Treating Periodontal Diseases
Treatment depends on the type of disease and the extent to which it has progressed. Regardless of the treatment plan, good daily oral hygiene is essential to the success of any periodontal therapy.
The first step is usually a thorough cleaning which may include "scaling" to remove plaque and calculus deposits below the gum line. Tooth roots may also be "planed" to smooth the root surface to allow gum tissue to heal.
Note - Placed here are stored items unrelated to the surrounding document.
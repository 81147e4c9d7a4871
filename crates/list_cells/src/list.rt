//! The cells of a list.
ghost use Rattle.std.specs.Prelude.{◌≡◌, ◌≤◌, ◌+◌, ◌*◌, ◌<◌, ◌^◌, ◌++◌, [], length, IfOk, IfErr, MatchResult, is_ok};
ghost use Rattle.std.specs.Prelude.{pos, ◌<ℤ◌, nat_abs, None, Some, if◌then◌else◌};
ghost use Rattle.tb_geom.specs.Refusals.{first_refusal};
ghost use Rattle.list_cells.specs.Runs.{new_refusals, told};
ghost use Rattle.list_cells.specs.Grids.{is_cell, place_of, content_of, empty_grid, with_bytes, is_too_long, data_refusals};

use crate::cell::Cell;
use crate::content::{CellContent, append_empty, bytes_held};
use crate::runs::{natural, sides};
use std::alloc::Global;
use std::marker::Model;
use tb_geom::Refusal;

/// How many bytes a text has at most.
pub(crate) const MOST_TEXT: usize = 255;

/// How many bytes all cells of a list hold together at most.
const MOST_BYTES: usize = 32000;

/// The cells of a list, by columns and rows. There are at most 4096 columns, 4096 rows and 4096 cells, and all cells together
/// hold at most 32000 bytes.
#[derive(Drop)]
pub struct ListCells {
    pub(crate) columns: usize,
    pub(crate) rows: usize,
    pub(crate) contents: Vec<CellContent>,
    pub(crate) alloc: Global,
}

impl Model for ListCells {
    ghost use Rattle.list_cells.specs.Grids.{Grid, IsGrid};

    ghost Value = { Grid };

    ghost view = { λ l. record { columns = l.columns; rows = l.rows; contents = l.contents.items } };

    ghost invariant = { λ l. IsGrid (record { columns = l.columns; rows = l.rows; contents = l.contents.items }) };
}

impl ListCells {
    /// A list of empty cells, none of them selected (LNew). OutOfRange where a number lies outside 0..=4096, TooMany where there
    /// would be more than 4096 cells, NoMemory where there is no memory for them.
    pub fn new(alloc: Global, columns: i32, rows: i32) -> Result<ListCells, Refusal>
        ensures made { IfOk result (λ made. made ≡ empty_grid (nat_abs columns) (nat_abs rows)) }
        ensures allowed { IfOk result (λ _. first_refusal (new_refusals columns rows) ≡ None) }
        ensures refused { IfErr result (λ e. e ≡ told (new_refusals columns rows)) }
    {
        let (columns, rows) = sides(columns, rows)?;
        let cells = rows * columns;
        let mut contents = Vec::with_capacity(alloc, cells)?;
        append_empty(&mut contents, alloc, cells);
        Ok(ListCells {
            columns,
            rows,
            contents,
            alloc,
        })
    }

    /// How many columns there are.
    pub fn columns(&self) -> usize
        ensures columns { result ≡ self.now.columns }
        ensures within { result ≤ 4096 }
    {
        self.columns
    }

    /// How many rows there are.
    pub fn rows(&self) -> usize
        ensures rows { result ≡ self.now.rows }
        ensures within { result ≤ 4096 }
    {
        self.rows
    }

    /// The place of a cell among all. NoSuchCell exactly where the list has no such cell.
    pub(crate) fn place(&self, cell: Cell) -> Result<usize, Refusal>
        ensures place { IfOk result (λ place. place ≡ place_of self.now cell) }
        ensures within { IfOk result (λ place. place < self.now.rows * self.now.columns) }
        ensures small { IfOk result (λ _. (cell.column <ℤ pos 4096) × (cell.row <ℤ pos 4096)) }
        ensures found { is_ok result ≡ is_cell self.now cell }
        ensures refused { IfErr result (λ e. e ≡ Refusal.NoSuchCell) }
    {
        match (natural(cell.column), natural(cell.row)) {
            (Some(column), Some(row)) => {
                if column < self.columns && row < self.rows {
                    Ok(row * self.columns + column)
                } else {
                    Err(Refusal::NoSuchCell)
                }
            }
            _ => Err(Refusal::NoSuchCell),
        }
    }

    /// The data of a cell, at most 32000 bytes (LGetCell). NoSuchCell exactly where the list has no such cell.
    pub fn cell(&self, cell: Cell) -> Result<&[u8], Refusal>
        ensures bytes { IfOk result (λ bytes. bytes.now ≡ (content_of self.now cell).bytes) }
        ensures within { IfOk result (λ bytes. length bytes.now ≤ 32000) }
        ensures found { is_ok result ≡ is_cell self.now cell }
        ensures refused { IfErr result (λ e. e ≡ Refusal.NoSuchCell) }
    {
        let place = self.place(cell)?;
        Ok(self.contents[place].bytes())
    }

    /// Whether `added` bytes more are too many in a cell of which so many go: a text has at most 255 bytes, and all cells
    /// together have at most 32000.
    fn is_too_long(&self, gone: usize, added: usize) -> bool
        requires { gone < 2 ^ 63 }
        ensures { result ≡ is_too_long self.now gone added }
    {
        let rest = bytes_held(&self.contents).saturating_sub(gone);
        added > MOST_TEXT || rest.saturating_add(added) > MOST_BYTES
    }

    /// The place of a cell that may get so many bytes in the place of its own. NoSuchCell where the list has no such cell,
    /// TooLong where the bytes are more than 255 or all cells would hold more than 32000.
    #[tactic(auto, unfolding(crate::specs::Grids::data_refusals))]
    pub(crate) fn place_to_set(&self, cell: Cell, added: usize) -> Result<usize, Refusal>
        ensures { let refused = first_refusal
            (data_refusals self.now cell (length (content_of self.now cell).bytes) added) in
            MatchResult result
            (λ place. (refused ≡ None) × (place ≡ place_of self.now cell) × (place < self.now.rows * self.now.columns))
            (λ e. refused ≡ Some e) }
    {
        let place = self.place(cell)?;
        let gone = self.contents[place].len();
        if self.is_too_long(gone, added) {
            return Err(Refusal::TooLong);
        }
        Ok(place)
    }

    /// The place of a cell that may get so many bytes behind its own. It is refused as `place_to_set` is.
    #[tactic(auto, unfolding(crate::specs::Grids::data_refusals))]
    pub(crate) fn place_to_append(&self, cell: Cell, added: usize) -> Result<usize, Refusal>
        ensures { let refused = first_refusal (data_refusals self.now cell 0 added) in
            MatchResult result
            (λ place. (refused ≡ None) × (place ≡ place_of self.now cell) × (place < self.now.rows * self.now.columns))
            (λ e. refused ≡ Some e) }
    {
        let place = self.place(cell)?;
        if self.is_too_long(0, added) {
            return Err(Refusal::TooLong);
        }
        Ok(place)
    }

    /// Gives a cell other data (LSetCell). NoSuchCell where the list has no such cell, TooLong where the text is longer than
    /// 255 bytes or all cells would hold more than 32000, NoMemory where there is no memory for it.
    pub fn set_cell(&mut self, cell: Cell, text: &[u8]) -> Result<(), Refusal>
        ensures cells { self.new ≡ (if is_ok result then with_bytes self.old cell text.now else self.old) }
        ensures allowed { IfOk result (λ _. first_refusal
            (data_refusals self.old cell (length (content_of self.old cell).bytes) (length text.now)) ≡ None) }
        ensures refused { IfErr result (λ e. e ≡ told
            (data_refusals self.old cell (length (content_of self.old cell).bytes) (length text.now))) }
    {
        let place = self.place_to_set(cell, text.len())?;
        let alloc = self.alloc;
        let content = &mut self.contents[place];
        content.set(alloc, text)?;
        Ok(())
    }

    /// Adds bytes behind the data of a cell (LAddToCell). It is refused as `set_cell` is.
    pub fn add_to_cell(&mut self, cell: Cell, text: &[u8]) -> Result<(), Refusal>
        ensures cells { self.new ≡ (if is_ok result
            then with_bytes self.old cell ((content_of self.old cell).bytes ++ text.now) else self.old) }
        ensures allowed { IfOk result (λ _. first_refusal (data_refusals self.old cell 0 (length text.now)) ≡ None) }
        ensures refused { IfErr result (λ e. e ≡ told (data_refusals self.old cell 0 (length text.now))) }
    {
        let place = self.place_to_append(cell, text.len())?;
        let content = &mut self.contents[place];
        content.append(text)?;
        Ok(())
    }

    /// Takes the data of a cell away (LClrCell); whether it is selected stays. NoSuchCell exactly where the list has no such
    /// cell.
    pub fn clear_cell(&mut self, cell: Cell) -> Result<(), Refusal>
        ensures cells { self.new ≡ (if is_cell self.old cell then with_bytes self.old cell [] else self.old) }
        ensures found { is_ok result ≡ is_cell self.old cell }
        ensures refused { IfErr result (λ e. e ≡ Refusal.NoSuchCell) }
    {
        let place = self.place(cell)?;
        let content = &mut self.contents[place];
        content.clear();
        Ok(())
    }
}
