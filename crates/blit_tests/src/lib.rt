//! What no clause says of drawings on a map, by tests against plain loops over all pixels: that the words of the contracts are
//! QuickDraw's. One table was written by hand; no expected value comes from the libraries.
//!
//! `blits` tests `bit_blit`, `words` tests it at sides and distances around the 64 bits of a word, and `fills` tests the fills of a
//! canvas of `draw_port`. The crate `test_pixels` has what they draw on.
#![tactic(auto)]

#[cfg(test)]
mod blits;
#[cfg(test)]
mod fills;
#[cfg(test)]
mod words;
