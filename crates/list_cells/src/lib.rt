//! The cells of a list, and which of them are selected (*Inside Macintosh* IV, "The List Manager Package").
//!
//! `ListCells` has columns and rows of cells. A cell holds bytes, its data, is selected or not, and is named by its column and
//! its row, both counted from 0. The cells lie by rows, that of column c and row r at the place r times the number of columns
//! and c more, and there is one for each column and row. Rows and columns are put in and taken out (LAddRow, LAddColumn,
//! LDelRow, LDelColumn), data is set, added to, cleared, read and searched (LSetCell, LAddToCell, LClrCell, LGetCell, LSearch),
//! and cells are selected and asked for (LSetSelect, LGetSelect, LNextCell). `SelectionFlags::click` says what a click on a cell
//! does to the selection, and `ListCells::click` does it (LClick). No window, no rectangle and no drawing is known here.
//!
//! A call that is refused has changed nothing. What may need memory takes all of it before it changes anything; an empty cell
//! takes none besides its place. `new_refusal`, `add_rows_refusal` and their like say beforehand why a call would be refused,
//! want of memory aside. `choosing` and `clicking` say beforehand what a call is about to make of the selection, as a
//! `Selecting`, so that `is_toggled` tells of each cell whether that call toggles it.
#![tactic(auto)]

mod block;
mod cell;
mod click;
mod content;
mod judging;
pub mod laws;
mod lines;
mod list;
mod runs;
mod selecting;
mod selection;

pub use cell::Cell;
pub use click::{Click, ClickKeys, SelectionFlags};
pub use list::ListCells;
pub use selecting::Selecting;
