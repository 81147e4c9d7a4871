//! What the definitions of a list's cells imply. A cell goes by its place among all: row times columns, and the column more.
ghost use Rattle.std.specs.Prelude.{◌≡◌, ◌<◌, ◌≤◌, ◌+◌, ◌-◌, ◌*◌, ℕ, Bool, List, length, true, false, None, Some};
ghost use Rattle.list_cells.specs.Contents.{Content, empty_content, bytes_held};
ghost use Rattle.list_cells.specs.declared.block.Block.{Block};
ghost use Rattle.list_cells.specs.declared.cell.Cell.{Cell};
ghost use Rattle.list_cells.specs.declared.click.ClickKeys.{ClickKeys};
ghost use Rattle.list_cells.specs.declared.click.SelectionFlags.{SelectionFlags};
ghost use Rattle.list_cells.specs.Clicks.{flags_number};
ghost use Rattle.list_cells.specs.Blocks.{IsFirst, content_at, is_in, smallest, clicked_cell};
ghost use Rattle.list_cells.specs.Grids.{Grid, IsGrid, place_of, first_from, rows_added, rows_deleted, columns_added, columns_deleted};

/// The block that a click extends the selection to holds the clicked cell and all selected ones, and every block that does
/// holds it.
#[tactic(auto, using(crate::proofs::LawLemmas::smallest_holds_clicked, crate::proofs::LawLemmas::smallest_holds, crate::proofs::LawLemmas::smallest_is_least))]
pub fn the_block_is_the_smallest()
    ensures clicked { (columns : ℕ) (cells : List Content) (place : ℕ)
        → is_in columns (smallest columns cells place) place ≡ true }
    ensures selected { (columns : ℕ) (cells : List Content) (place k : ℕ) → k < length cells
        → (content_at cells k).selected ≡ true → is_in columns (smallest columns cells place) k ≡ true }
    ensures least { (columns : ℕ) (cells : List Content) (place : ℕ) (block : Block) → is_in columns block place ≡ true
        → ((k : ℕ) → k < length cells → (content_at cells k).selected ≡ true → is_in columns block k ≡ true)
        → (k : ℕ) → is_in columns (smallest columns cells place) k ≡ true → is_in columns block k ≡ true }
{}

/// With lOnlyOne no cell is selected after a click but the clicked one.
#[tactic(auto, using(crate::proofs::LawLemmas::only_one_alone))]
pub fn only_one_is_selected()
    ensures { (flags : SelectionFlags) (keys : ClickKeys) (cell : Cell) (list : Grid) (k : ℕ) → flags.only_one ≡ true
        → (content_at (clicked_cell flags keys cell list).contents k).selected ≡ true → k ≡ place_of list cell }
{}

/// What a search finds passes its test, and no cell does that lies before it, from the first searched one on. Where it finds
/// nothing, no cell from there on passes.
#[tactic(auto, using(crate::proofs::LawLemmas::search_nothing))]
pub fn a_search_finds_the_first()
    ensures first { (test : Content → Bool) (list : Grid) (from found : Cell) → 0 < list.columns
        → first_from test list from ≡ Some found → IsFirst test list (place_of list from) (place_of list found) }
    ensures nothing { (test : Content → Bool) (list : Grid) (from : Cell) → first_from test list from ≡ None
        → (k : ℕ) → place_of list from ≤ k → k < length list.contents → test (content_at list.contents k) ≡ false }
{}

/// No number is that of two choices of flags.
#[tactic(auto, using(crate::proofs::LawLemmas::one_choice))]
pub fn a_number_is_one_choice_of_flags()
    ensures { (flags others : SelectionFlags) → flags_number flags ≡ flags_number others → flags ≡ others }
{}

/// The cells of added rows are empty and not selected. The cells above them stay what they are, and those below move down with
/// what they hold.
#[tactic(auto, using(crate::proofs::LawLemmas::added_row_empty, crate::proofs::LawLemmas::row_above_kept, crate::proofs::LawLemmas::row_below_pushed))]
pub fn added_rows_are_empty()
    ensures empty { (list : Grid) (at n row column : ℕ) → IsGrid list → at ≤ list.rows → at ≤ row → row < at + n
        → column < list.columns
        → content_at (rows_added at n list).contents (row * list.columns + column) ≡ empty_content }
    ensures above { (list : Grid) (at n row column : ℕ) → IsGrid list → at ≤ list.rows → row < at
        → column < list.columns → content_at (rows_added at n list).contents (row * list.columns + column)
        ≡ content_at list.contents (row * list.columns + column) }
    ensures below { (list : Grid) (at n row column : ℕ) → IsGrid list → at ≤ list.rows → at ≤ row
        → content_at (rows_added at n list).contents ((row + n) * list.columns + column)
        ≡ content_at list.contents (row * list.columns + column) }
{}

/// The cells of added columns are empty and not selected. The cells left of them stay what they are, and those right of them
/// move right with what they hold.
#[tactic(auto, using(crate::proofs::LawLemmas::added_column_empty, crate::proofs::LawLemmas::column_left_kept, crate::proofs::LawLemmas::column_right_pushed))]
pub fn added_columns_are_empty()
    ensures empty { (list : Grid) (at n row column : ℕ) → IsGrid list → at ≤ list.columns → row < list.rows
        → at ≤ column → column < at + n
        → content_at (columns_added at n list).contents (row * (list.columns + n) + column) ≡ empty_content }
    ensures left { (list : Grid) (at n row column : ℕ) → IsGrid list → at ≤ list.columns → row < list.rows
        → column < at → content_at (columns_added at n list).contents (row * (list.columns + n) + column)
        ≡ content_at list.contents (row * list.columns + column) }
    ensures right { (list : Grid) (at n row column : ℕ) → IsGrid list → at ≤ list.columns → row < list.rows
        → at ≤ column → column < list.columns
        → content_at (columns_added at n list).contents (row * (list.columns + n) + (column + n))
        ≡ content_at list.contents (row * list.columns + column) }
{}

/// Where rows are deleted, the cells above them stay what they are, and those below move up with what they hold.
#[tactic(auto, using(crate::proofs::LawLemmas::row_above_stays, crate::proofs::LawLemmas::row_below_moves))]
pub fn deleted_rows_keep_the_others()
    ensures above { (list : Grid) (at n row column : ℕ) → IsGrid list → at ≤ list.rows → row < at
        → column < list.columns → content_at (rows_deleted at n list).contents (row * list.columns + column)
        ≡ content_at list.contents (row * list.columns + column) }
    ensures below { (list : Grid) (at n row column : ℕ) → IsGrid list → at ≤ list.rows → at ≤ row
        → column < list.columns → content_at (rows_deleted at n list).contents (row * list.columns + column)
        ≡ content_at list.contents ((row + n) * list.columns + column) }
{}

/// Where columns are deleted, the cells left of them stay what they are, and those right of them move left with what they
/// hold.
#[tactic(auto, using(crate::proofs::LawLemmas::column_left_stays, crate::proofs::LawLemmas::column_right_moves))]
pub fn deleted_columns_keep_the_others()
    ensures left { (list : Grid) (at n row column : ℕ) → IsGrid list → at + n ≤ list.columns → row < list.rows
        → column < at → content_at (columns_deleted at n list).contents (row * (list.columns - n) + column)
        ≡ content_at list.contents (row * list.columns + column) }
    ensures right { (list : Grid) (at n row column : ℕ) → IsGrid list → at + n ≤ list.columns → row < list.rows
        → at ≤ column → column + n < list.columns
        → content_at (columns_deleted at n list).contents (row * (list.columns - n) + column)
        ≡ content_at list.contents (row * list.columns + (column + n)) }
{}

/// Rows and columns that are added or deleted never make the cells hold more bytes.
#[tactic(auto, using(crate::proofs::ByteLemmas::rows_added_held, crate::proofs::ByteLemmas::rows_deleted_held, crate::proofs::ByteLemmas::columns_added_held, crate::proofs::ByteLemmas::columns_deleted_held))]
pub fn rows_and_columns_bring_no_bytes()
    ensures rows_added { (list : Grid) (at n : ℕ)
        → bytes_held (rows_added at n list).contents ≤ bytes_held list.contents }
    ensures rows_deleted { (list : Grid) (at n : ℕ)
        → bytes_held (rows_deleted at n list).contents ≤ bytes_held list.contents }
    ensures columns_added { (list : Grid) (at n : ℕ)
        → bytes_held (columns_added at n list).contents ≤ bytes_held list.contents }
    ensures columns_deleted { (list : Grid) (at n : ℕ)
        → bytes_held (columns_deleted at n list).contents ≤ bytes_held list.contents }
{}
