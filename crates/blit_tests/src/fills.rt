//! Fills of a canvas against a loop over all pixels of a map.
ghost use Rattle.std.specs.Prelude.{◌≡◌, true};
ghost use Rattle.draw_port.specs.Origins.{is_near_origin};

use bit_map::{BitMap, Mode};
use draw_port::{Canvas, Cut};
use scan_region::Region;
use std::alloc::Global;
use std::test::Fail;
use strike_font::Font;
use tb_geom::{Point, Rect, Refusal};
use test_pixels::pixels::{Pixels, are_alike, map_of, mark};
use test_pixels::sheet::{MIXED, SHEET, Sheet, inked};
use test_pixels::small::SMALL;
use test_pixels::{point, rect};

/// The cut by these regions.
fn cut<'a>(
    first: Option<&'a Region>,
    second: Option<&'a Region>,
    third: Option<&'a Region>,
    outside: Option<&'a Region>,
) -> Cut<'a> {
    Cut {
        inside: [first, second, third],
        outside,
    }
}

/// Three rectangles that cut from inside, and one that cuts from outside.
const ZONES: [Rect; 4] = [
    rect!(2, 1, 10, 9),
    rect!(-3, 4, 7, 30),
    rect!(1, -8, 20, 10),
    rect!(4, 3, 6, 6),
];

/// A fill with the mixed pattern of a rectangle, or of all of the canvas, under a cut by those of the zones that are
/// marked.
#[derive(Clone, Copy)]
struct Filling {
    clip: Rect,
    origin: Point,
    cut: [bool; 4],
    sides: Option<Rect>,
    mode: Mode,
}

/// Whether the rectangle has the pixel.
fn has(sides: Rect, h: i64, v: i64) -> bool {
    i64::from(sides.left) <= h
        && h < i64::from(sides.right)
        && i64::from(sides.top) <= v
        && v < i64::from(sides.bottom)
}

impl Filling {
    /// Whether the fill reaches the pixel of the map.
    fn reaches(&self, point: Point) -> bool {
        let (h, v) = (i64::from(point.h), i64::from(point.v));
        let own_h = h - i64::from(self.origin.h);
        let own_v = v - i64::from(self.origin.v);
        let is_filled = match self.sides {
            Some(sides) => has(sides, own_h, own_v),
            None => true,
        };
        is_filled && has(self.clip, h, v) && is_left(self.cut, h, v)
    }

    /// The sheet, filled under the cut.
    fn map(&self, alloc: Global, font: &Font, cut: &Cut<'_>) -> Result<BitMap, Refusal>
        requires { is_near_origin self.now.origin ≡ true }
    {
        let mut map = map_of(alloc, &Sheet, 13, 11)?;
        let mut canvas = Canvas {
            map: &mut map,
            clip: self.clip,
            origin: self.origin,
            cut,
            font,
        };
        match self.sides {
            Some(sides) => canvas.fill(sides, MIXED, self.mode),
            None => canvas.fill_all(MIXED, self.mode),
        }
        Ok(map)
    }
}

/// Whether a canvas may have its 0 0 here.
fn is_near(origin: Point) -> bool
    ensures { result ≡ is_near_origin origin }
{
    (-1000000000 <= origin.h && origin.h < 1000000000)
        && (-1000000000 <= origin.v && origin.v < 1000000000)
}

/// Whether a cut by the marked zones leaves the pixel.
fn is_left([first, second, third, hole]: [bool; 4], h: i64, v: i64) -> bool {
    (!first || has(ZONES[0], h, v))
        && (!second || has(ZONES[1], h, v))
        && (!third || has(ZONES[2], h, v))
        && !(hole && has(ZONES[3], h, v))
}

impl Pixels for Filling {
    fn byte(&self, point: Point) -> u8 {
        if self.reaches(point) {
            mark(inked(self.origin, self.mode, point))
        } else {
            Sheet.byte(point)
        }
    }
}

const WHOLE: Rect = rect!(-5, -5, 40, 40);

/// A clip, where the canvas's origin lies, and the zones that cut.
const CUTS: [(Rect, Point, [bool; 4]); 7] = [
    (WHOLE, point!(0, 0), [false, false, false, false]),
    (
        rect!(1, 2, 9, 10),
        point!(3, -2),
        [false, false, false, false],
    ),
    (WHOLE, point!(-7, 5), [true, false, false, false]),
    (WHOLE, point!(3, 3), [false, true, true, false]),
    (WHOLE, point!(2, 1), [true, false, true, true]),
    (
        rect!(3, 0, 13, 8),
        point!(1, 1),
        [false, false, false, true],
    ),
    (
        WHOLE,
        point!(-1000000000, 999999999),
        [true, true, true, true],
    ),
];

/// What is filled of the canvas, in its own coordinates, and how.
const FILLS: [(Option<Rect>, Mode); 8] = [
    (Some(rect!(0, 0, 8, 7)), Mode::Copy),
    (Some(rect!(-9, -9, 90, 90)), Mode::Copy),
    (Some(rect!(3, 2, 3, 9)), Mode::Copy),
    (None, Mode::Copy),
    (Some(rect!(0, 0, 8, 7)), Mode::Xor),
    (Some(rect!(-9, -9, 90, 90)), Mode::Xor),
    (Some(rect!(3, 2, 3, 9)), Mode::Xor),
    (None, Mode::Xor),
];

/// The region, if it is to cut.
fn part(is_marked: bool, region: &Region) -> Option<&Region> {
    if is_marked { Some(region) } else { None }
}

#[test]
fn fills_as_a_loop_over_all_pixels(rt: HostRuntime) -> Result<(), Fail> {
    let font = Font::from_bytes(rt.alloc(), &SMALL)?;
    let first = Region::from_rect(rt.alloc(), ZONES[0])?;
    let second = Region::from_rect(rt.alloc(), ZONES[1])?;
    let third = Region::from_rect(rt.alloc(), ZONES[2])?;
    let hole = Region::from_rect(rt.alloc(), ZONES[3])?;
    for (clip, origin, marks) in CUTS {
        let [a, b, c, d] = marks;
        let cut = cut(
            part(a, &first),
            part(b, &second),
            part(c, &third),
            part(d, &hole),
        );
        assert!(rt; cut.holds(point!(4, 4)) == !d);
        for (sides, mode) in FILLS {
            let filling = Filling {
                clip,
                origin,
                cut: marks,
                sides,
                mode,
            };
            assert!(rt; is_near(filling.origin));
            let map = filling.map(rt.alloc(), &font, &cut)?;
            assert!(rt; are_alike(&map, &filling, SHEET));
        }
    }
    Ok(())
}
Antibiotics or irrigation with antimicrobial agents or rinses may be recommended to help control the growth of bacteria which cause periodontitis.
Medications placed under the gum tissue against the tooth root enhance healing. Conservative scaling with chemotherapeutic agents is the preferred initial periodontal therapy.
In some cases, surgery may be required when deeper pockets are found. It is difficult for the dentist or hygienist to thoroughly remove plaque and calculus from deep pockets, and patients can rarely keep them clean and free of plaque. Allowing these deep pockets to go untreated can result in infection and bone damage. When pockets are deep and bone has been destroyed, "flap surgery" may be required to provide access to the roots in order to remove plaque, calculus and damaged tissue. This technique involves lifting the gum away and suturing it back in place or into a new position that will be easier to keep clean. Bone surgery is sometimes used in conjunction with flap surgery to reshape the bone around the tooth.
Surgical procedures to correct areas of moderate to severe recession may be indicated. Good daily oral hygiene is a key element of any treatment of periodontal disease. The office will also schedule appointments at regular intervals as part of your treatment plan to assure that you are maintaining a satisfactory level of oral hygiene to remove any accumulated plaque or calculus and be sure that your periodontal disease remains under control.
Remember, periodontal diseases can be avoided by brushing and cleaning your teeth daily, eating a balanced diet, and regular maintenance appointments.